20.) Best of all, feedback from the man himself, Pickle Rick.
That’s all I have time for today, but I’m sure you guys can come up with a ton more ways to **** Pickle Rick! Come back tomorrow and checkout my Noob Noob domination fantasy! The Dwarves I assure you is interrelated with this wall of text.… Expand
May 25, 2020I genuinely enjoy this show. I love that the characters and story lines are very family oriented and that they deal with real life situations.I genuinely enjoy this show. I love that the characters and story lines are very family oriented and that they deal with real life situations. To me, it teaches my almost 3 yr old how people should react in what could be potentially high stress situations. Everyone is always calm and talks things through with each other. As a Mom, I love that she sees a family relating to each other that way. My daughter, who is soon to turn 3 has been watching this show for about 6 months and she is so obsessed with it that she now refers to me as Mommy Pig, my husband as Daddy Pig, her big sister as Sissy Pig, and she talks with a snort and sometimes with a "British" accent, which we think is adorable so we snort back lol. So...for her upcoming birthday it is all things Peppa. Some toddler/preschool shows drive me nuts...but not this one.

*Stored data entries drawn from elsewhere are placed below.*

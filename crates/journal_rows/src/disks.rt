//! What calls on disks do, where they fail, and what crashes leave.

ghost use Rattle.std.specs.Prelude.{◌≡◌, ◌∷◌, [], IfOk, Some};

use disk_core::{Disk, FileDisk, MemDisk, write_and_sync};
use std::alloc::Global;
use std::fs;
use std::test::Fail;
use wfs_ends::{Failed, Mem, Text};

// A disk that holds `ab`, for ten calls and four bytes. Call 2 fails, and all from call 7 on.
fn small_disk(alloc: Global) -> Mem<MemDisk>
    ensures { IfOk result (λ m. m ≡ record {
      base = 97 ∷ 98 ∷ [];
      steps = [];
      made = 0;
      failed = 0;
      calls = 10;
      room = 4;
      failing = 2 ∷ [];
      stop = Some 7;
    }) }
{
    let mut bytes = Vec::new(alloc);
    bytes.extend_from_slice(b"ab")?;
    let mut failing = Vec::new(alloc);
    failing.push(2)?;
    MemDisk::new(alloc, bytes, 10, 4, failing, Some(7))
}

// `ab` is stable, `cd` is written behind it and then `x` over the first byte, and nothing is synced since.
#[test]
#[tactic(auto, unfolding(disk_core::specs::Story::read_after_all))]
fn a_crash_keeps_the_first_writes(rt: HostRuntime) -> Result<(), Fail> {
    for (keep, left) in [(0, "ab"), (1, "abcd"), (2, "xbcd"), (9, "xbcd")] {
        let mut disk = small_disk(rt.alloc())?;
        disk.write_framed(2, b"", b"c", b"d")?;
        disk.write_framed(0, b"x", b"", b"")?;
        let mut into = [0; 8];
        let mut crashed = disk.crash(keep);
        assert_eq!(rt; crashed.read(0, &mut into)?, left.len());
        assert!(rt; into.starts_with(left.as_bytes()));
    }
    Ok(())
}

// `c` is written, then `d`, which is synced, and then `x` over the first byte.
#[test]
#[tactic(auto, unfolding(disk_core::specs::Story::read_after_all))]
fn a_crash_keeps_what_was_synced(rt: HostRuntime) -> Result<(), Fail> {
    let mut disk = small_disk(rt.alloc())?;
    disk.write_at(2, b"c")?;
    assert_eq!(rt; disk.len()?, 3);
    // call 2 is listed
    assert!(rt; disk.len().is_err());
    write_and_sync(&mut disk, 3, b"d")?;
    disk.write_at(0, b"x")?;
    let mut into = [0; 8];
    let mut crashed = disk.crash(0);
    assert_eq!(rt; crashed.read(0, &mut into)?, 4);
    assert!(rt; into.starts_with(b"abcd"));
    Ok(())
}

// Call 2 is listed, the write of call 3 passes the room, call 7 is the stop; after a crash all calls up to the tenth
// are made again, and just the room that was left is there.
#[test]
#[tactic(auto, unfolding(disk_core::specs::Story::read_after_all))]
fn calls_fail_where_they_were_told_to(rt: HostRuntime) -> Result<(), Fail> {
    let mut disk = small_disk(rt.alloc())?;
    let mut answers = [true; 9];
    for answer in &mut answers {
        *answer = disk.len().is_ok();
    }
    assert_eq!(rt;
        answers,
        [true, true, false, true, true, true, true, false, false]
    );
    let mut crashed = disk.crash(0);
    assert_eq!(rt; crashed.write_at(0, b"12345"), Err(Failed));
    assert_eq!(rt; crashed.write_at(0, b"1234"), Ok(()));
    assert_eq!(rt; crashed.write_at(0, b"5"), Err(Failed));
    assert_eq!(rt; crashed.sync(), Ok(()));
    for _ in 0..6 {
        assert_eq!(rt; crashed.len(), Ok(4));
    }
    assert_eq!(rt; crashed.len(), Err(Failed));
    Ok(())
}

#[test]
fn a_file_is_written_cut_and_read(rt: HostRuntime) -> Result<(), Fail> {
    let name = "a_file_of_the_disk_tests";
    let mut disk = FileDisk::of(rt, Text::of(rt.alloc(), name)?);
    write_and_sync(&mut disk, 0, b"abcdef")?;
    disk.write_framed(1, b"b", b"x", b"y")?;
    disk.cut(5)?;
    disk.sync()?;
    assert_eq!(rt; disk.len()?, 5);
    let mut into = [0; 8];
    assert_eq!(rt; disk.read(1, &mut into)?, 4);
    assert_eq!(rt; into, *b"bxye\0\0\0\0");
    assert_eq!(rt; disk.read(5, &mut into)?, 0);
    fs::remove_file(&rt, name)?;
    let mut nowhere = FileDisk::of(rt, Text::of(rt.alloc(), "no/such/folder/file")?);
    assert_eq!(rt; nowhere.len(), Err(Failed));
    Ok(())
}

// What a file holds once its disk is gone, and meanwhile nobody else has it.
fn write_beside_another(rt: HostRuntime, name: &str) -> Result<bool, Fail> {
    let mut disk = FileDisk::of(rt, Text::of(rt.alloc(), name)?);
    write_and_sync(&mut disk, 0, b"abcdef")?;
    let mut second = FileDisk::of(rt, Text::of(rt.alloc(), name)?);
    let is_kept_out = second.len() == Err(Failed) && second.cut(0) == Err(Failed);
    Ok(is_kept_out)
}

#[test]
fn a_file_stays_and_is_one_disks_at_a_time(rt: HostRuntime) -> Result<(), Fail> {
    let name = "a_file_of_two_disks";
    assert!(rt; write_beside_another(rt, name)?);
    let mut later = FileDisk::of(rt, Text::of(rt.alloc(), name)?);
    let mut into = [0; 8];
    assert_eq!(rt; later.read(0, &mut into)?, 6);
    assert_eq!(rt; into, *b"abcdef\0\0");
    fs::remove_file(&rt, name)?;
    Ok(())
}

// A piece of which the system takes a part is written to its end, or the call fails. On ext4 a file ends at
// 17,592,186,040,320 bytes, so that the system takes three of these six; where files may be longer it takes all.
#[test]
fn a_piece_is_written_to_its_end_or_fails(rt: HostRuntime) -> Result<(), Fail> {
    let name = "a_file_as_long_as_may_be";
    let at = 17_592_186_040_317;
    let mut disk = FileDisk::of(rt, Text::of(rt.alloc(), name)?);
    let mut into = [0; 8];
    if disk.write_framed(at, b"ab", b"cd", b"ef").is_ok() {
        assert_eq!(rt; disk.read(at, &mut into)?, 6);
        assert_eq!(rt; into, *b"abcdef\0\0");
    }
    fs::remove_file(&rt, name)?;
    Ok(())
}

// The device is opened, as its length tells. It takes no byte, and cannot be synced.
#[test]
fn a_full_device_fails_at_writes_and_at_a_sync(rt: HostRuntime) -> Result<(), Fail> {
    let mut full = FileDisk::of(rt, Text::of(rt.alloc(), "/dev/full")?);
    assert_eq!(rt; full.len(), Ok(0));
    assert_eq!(rt; full.write_at(0, b"a"), Err(Failed));
    assert_eq!(rt; full.write_framed(0, b"a", b"b", b"c"), Err(Failed));
    assert_eq!(rt; full.sync(), Err(Failed));
    Ok(())
}
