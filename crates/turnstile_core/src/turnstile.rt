//! The turnstile: a value, and the words that threads take their turns by.
ghost use Rattle.std.specs.Prelude.{◌≡◌};

use crate::gate::Gate;
use crate::kept::Kept;
use crate::view::{InTurns, View};
use atomic_table::Table;
use std::alloc::Global;
use std::snapshot::Snapshot;

/// A value that threads take in turns.
///
/// Word 0 is the next ticket, word 1 the ticket that is served, word 2 the number of entries and word 3 how many of
/// them are shown. The one slot has the value while nobody holds the turn.
pub struct Turnstile<T: Kept> {
    pub(crate) table: Table<Option<T>, View<T, T::Entry>, Snapshot<T>, InTurns<T>, Global>,
    pub(crate) gate: Gate,
    ghost sized: { (table.shared.table_id.words ≡ 4) × (table.shared.table_id.slots ≡ 1) },
}
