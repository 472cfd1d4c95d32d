//! What texts are read as.

use crate::values::{fault_of_one, property, schema_of_one, words};
use feature_values::{Property, Schema, Value, ValueFault, ValueKind, read_as, read_value};
use std::alloc::Global;
use wfs_ends::Mem;

// By XML Schema Part 2, 3.3.20 (long).
static WHOLE: [(&str, Option<i64>); 28] = [
    ("0", Some(0)),
    ("-0", Some(0)),
    ("+0", Some(0)),
    ("-00", Some(0)),
    ("+1", Some(1)),
    ("-17", Some(-17)),
    ("007", Some(7)),
    ("-007", Some(-7)),
    ("+9223372036854775807", Some(9_223_372_036_854_775_807)),
    ("+9223372036854775808", None),
    ("000000000000000000000000000012", Some(12)),
    ("9223372036854775807", Some(9_223_372_036_854_775_807)),
    ("9223372036854775808", None),
    ("-9223372036854775808", Some(-9_223_372_036_854_775_808)),
    ("-9223372036854775809", None),
    ("18446744073709551616", None),
    (" \t\n5\n ", Some(5)),
    ("\r5", None),
    ("5\u{c}", None),
    ("5\u{a0}", None),
    ("", None),
    (" ", None),
    ("+", None),
    ("+-1", None),
    ("- 1", None),
    ("1 2", None),
    ("1.0", None),
    ("\u{661}", None),
];

// Whether a text is read as this number, or refused as a bad value where there is none.
fn is_whole(alloc: Global, text: &str, number: Option<i64>) -> bool {
    let wanted = match number {
        Some(number) => Ok(Value::Whole(number)),
        None => Err(ValueFault::BadValue),
    };
    read_as(alloc, ValueKind::Whole, text) == wanted
}

// The first text of `WHOLE` that is read as something else.
fn misread_whole(alloc: Global) -> Option<&'static str> {
    for row in WHOLE.iter() {
        let (text, number) = *row;
        if !is_whole(alloc, text, number) {
            return Some(text);
        }
    }
    None
}

#[test]
fn reads_whole_numbers(rt: HostRuntime) {
    assert_eq!(rt; misread_whole(rt.alloc()), None);
}

static TRUTH: [(&str, Option<bool>); 11] = [
    ("true", Some(true)),
    ("1", Some(true)),
    ("false", Some(false)),
    ("0", Some(false)),
    ("\ttrue ", Some(true)),
    ("True", None),
    ("tru", None),
    ("truefalse", None),
    ("01", None),
    ("", None),
    ("true\r", None),
];

// Whether a text is read as this truth value, or refused as a bad value where there is none.
fn is_truth(alloc: Global, text: &str, truth: Option<bool>) -> bool {
    let wanted = match truth {
        Some(truth) => Ok(Value::Truth(truth)),
        None => Err(ValueFault::BadValue),
    };
    read_as(alloc, ValueKind::Truth, text) == wanted
}

// The first text of `TRUTH` that is read as something else.
fn misread_truth(alloc: Global) -> Option<&'static str> {
    for row in TRUTH.iter() {
        let (text, truth) = *row;
        if !is_truth(alloc, text, truth) {
            return Some(text);
        }
    }
    None
}

#[test]
fn reads_truth_values(rt: HostRuntime) {
    assert_eq!(rt; misread_truth(rt.alloc()), None);
}

fn is_bad_value(alloc: Global, kind: ValueKind, text: &str) -> bool {
    read_as(alloc, kind, text) == Err(ValueFault::BadValue)
}

#[test]
fn reads_no_geometries(rt: HostRuntime) {
    assert!(rt; is_bad_value(rt.alloc(), ValueKind::Point, "1 2"));
    assert!(rt; is_bad_value(rt.alloc(), ValueKind::Line, "1 2"));
    assert!(rt; is_bad_value(rt.alloc(), ValueKind::Polygon, "1 2"));
}

// Texts, and whether they are too long for three characters.
static TEXTS: [(&str, bool); 6] = [
    ("", false),
    (" a ", false),
    ("\u{e4}\u{20ac}\u{1f5fa}", false),
    ("abcd", true),
    ("    ", true),
    ("\u{e4}\u{f6}\u{fc}\u{df}", true),
];

fn too_long_or(alloc: Global, text: &str, is_longer: bool) -> Mem<Result<Value, ValueFault>> {
    if is_longer {
        return Ok(Err(ValueFault::TooLong));
    }
    Ok(Ok(words(alloc, text)?))
}

// Whether a text is refused as too long for the property, or else read as it stands.
fn is_read_as(alloc: Global, label: &Property, text: &str, is_longer: bool) -> Mem<bool> {
    let wanted = too_long_or(alloc, text, is_longer)?;
    Ok(read_value(alloc, label, text) == wanted)
}

// The same of a property of at most so many characters.
fn is_read(alloc: Global, max: u32, text: &str, is_longer: bool) -> Mem<bool> {
    let label = property(alloc, "label", ValueKind::Words, true, max)?;
    is_read_as(alloc, &label, text, is_longer)
}

// A schema of one text of at most so many characters.
fn schema_of_text(alloc: Global, max: u32) -> Mem<Schema> {
    let label = property(alloc, "label", ValueKind::Words, true, max)?;
    schema_of_one(alloc, label)
}

// The same of a feature that has this text.
fn is_judged(alloc: Global, max: u32, text: &str, is_longer: bool) -> Mem<bool> {
    let schema = schema_of_text(alloc, max)?;
    let fault = fault_of_one(alloc, &schema, words(alloc, text)?)?;
    Ok(match fault {
        Some(fault) => is_longer && fault == ValueFault::TooLong,
        None => !is_longer,
    })
}

// The first text of `TEXTS` of which the reader says something else.
fn misread_text(alloc: Global) -> Mem<Option<&'static str>> {
    for row in TEXTS.iter() {
        let (text, is_longer) = *row;
        if !is_read(alloc, 3, text, is_longer)? {
            return Ok(Some(text));
        }
    }
    Ok(None)
}

// Characters of one to four bytes, how many there are, and whether they are too many for 256.
static LENGTHS: [(&str, usize, bool); 8] = [
    ("a", 256, false),
    ("a", 257, true),
    ("\u{e4}", 256, false),
    ("\u{e4}", 257, true),
    ("\u{20ac}", 256, false),
    ("\u{20ac}", 257, true),
    ("\u{1f5fa}", 256, false),
    ("\u{1f5fa}", 257, true),
];

// Whether so many of a character are read and judged by their count.
fn is_counted(alloc: Global, character: &str, count: usize, is_longer: bool) -> Mem<bool> {
    let text = character.repeat(alloc, count)?;
    let is_read = is_read(alloc, 256, text.as_str(), is_longer)?;
    let is_judged = is_judged(alloc, 256, text.as_str(), is_longer)?;
    Ok(is_read && is_judged)
}

// The first row of `LENGTHS` that is counted otherwise.
fn miscounted(alloc: Global) -> Mem<Option<usize>> {
    for i in 0..LENGTHS.len() {
        let (character, count, is_longer) = LENGTHS[i];
        if !is_counted(alloc, character, count, is_longer)? {
            return Ok(Some(i));
        }
    }
    Ok(None)
}

#[test]
fn reads_texts_of_at_most_so_many_characters(rt: HostRuntime) {
    assert_eq!(rt; misread_text(rt.alloc()), Ok(None));
    assert_eq!(rt; miscounted(rt.alloc()), Ok(None));
}

// A size is read whatever its length, and as no text.
fn is_size_read(alloc: Global) -> Mem<bool> {
    let size = property(alloc, "size", ValueKind::Whole, false, 1)?;
    let is_long_read = read_value(alloc, &size, "12345") == Ok(Value::Whole(12345));
    Ok(is_long_read && read_value(alloc, &size, "x") == Err(ValueFault::BadValue))
}

#[test]
fn reads_numbers_of_any_length(rt: HostRuntime) {
    assert_eq!(rt; is_size_read(rt.alloc()), Ok(true));
}
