//! The gate before the turnstile: a thread draws its ticket once it is through, so that it seldom sleeps with one.
//!
//! Tickets are served in their order, so whoever draws one has to be woken when its time comes, and until that thread runs nobody
//! else goes on. At the gate a thread that runs goes ahead of one that sleeps. A thread that was woken some times, and each time
//! found another one ahead, goes past the gate and draws its ticket: from then on its place in the line is fixed.
//!
//! The rule of the turnstile does not speak of the gate. Whatever the gate does, one thread at a time has the value.
use std::hint;
use std::sync::Wait;
use std::sync::atomic::{AtomicU64, Ordering};

/// How often a thread looks whether the gate is open before it sleeps.
const LOOKS: u32 = 200;

/// How often a thread is woken and finds the gate shut before it goes past it.
const PATIENCE: u32 = 4;

/// The states of the gate. `WATCHED` is shut too, and a thread may sleep before it.
const OPEN: u64 = 0;

const SHUT: u64 = 1;

const WATCHED: u64 = 2;

/// Who is behind the gate: the thread that went through it, or none while it is open; and one more where a thread went past it.
#[derive(Drop)]
pub(crate) struct Gate {
    state: AtomicU64,
    // 1 where a thread went past the gate, and nobody has left for it yet
    passed_by: AtomicU64,
}

impl Gate {
    /// An open gate.
    pub(crate) fn new() -> Gate {
        Gate {
            state: AtomicU64::new(OPEN),
            passed_by: AtomicU64::new(0),
        }
    }

    /// Looks for a while whether the gate is open, and goes through if it is.
    fn slips_through(&self) -> bool {
        for _ in 0..LOOKS {
            let is_open = self.state.load(Ordering::SeqCst) == OPEN;
            if is_open
                && self
                    .state
                    .compare_exchange(OPEN, SHUT, Ordering::SeqCst, Ordering::SeqCst)
                    .is_ok()
            {
                return true;
            }
            hint::spin_loop();
        }
        false
    }

    /// Goes past the gate, unless another thread did and nobody has left for it yet.
    fn goes_past(&self) -> bool {
        self.passed_by
            .compare_exchange(0, 1, Ordering::SeqCst, Ordering::SeqCst)
            .is_ok()
    }

    /// Goes through the gate and shuts it, or goes past it after a long wait.
    pub(crate) fn pass<R: Wait>(&self, rt: &R) {
        if self.slips_through() {
            return;
        }
        let mut patience = PATIENCE;
        for _ in rt.forever() {
            if self.state.swap(WATCHED, Ordering::SeqCst) == OPEN {
                return;
            }
            if patience == 0 && self.goes_past() {
                return;
            }
            self.state.park(rt, WATCHED as u32);
            patience = patience.saturating_sub(1);
        }
    }

    /// Leaves. Where a thread went past the gate, that one is now the only thread behind it, and the gate stays shut. Else it opens, and
    /// one of those who sleep before it is woken.
    pub(crate) fn leave(&self) {
        if self.passed_by.swap(0, Ordering::SeqCst) == 1 {
            return;
        }
        if self.state.swap(OPEN, Ordering::SeqCst) == WATCHED {
            self.state.wake_one();
        }
    }
}
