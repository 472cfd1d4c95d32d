//! A value that threads change in turns, with a history that only grows.
#![tactic(auto)]

mod closing;
mod gate;
mod kept;
mod plays;
mod seat;
mod seating;
mod steps;
mod turns;
mod turnstile;
mod view;

pub use kept::Kept;
pub use seat::{Returned, Seat, Turn};
pub use turnstile::Turnstile;
pub use view::{Past, Stage, View};

#[cfg(test)]
mod tests;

Peppa Pig was introduced to me in the most depressing time of my life, I had just poured my cereal in to my bowl and had realized there was no milk. I walked to my couch in a daze of shock and confusion and was greeted with the warm face of peppa the most beautiful waifu in the history of animation. She was building a castle out of cardboard and her unique and stunning artistic representation of the middle ages was enough to make me happy and cheer right up. She used her creative mind to think of what it needed, GLITTER, lots and lots of glitter. I had to continue watching to fulfill my infatuated mind with more of her creative genius, even Einstein could have learned from her. Just a tender delight of peppa, she can be bossy, tough, and a great role model. If peppa was real 9/11 wouldve never happend, she could be an almighty lord of all pigs alike, a great one.… Expand
Feb 28, 2017After giving it a couple hours, I'm really confused as to what this game is supposed to be. It starts off 100% combat and then there's none.After giving it a couple hours, I'm really confused as to what this game is supposed to be. It starts off 100% combat and then there's none. It's obviously story-driven but... I don't really like the main character and I'm only barely entertained by the story. Besides choosing what direction to walk in, I don't feel like I have much choice in anything.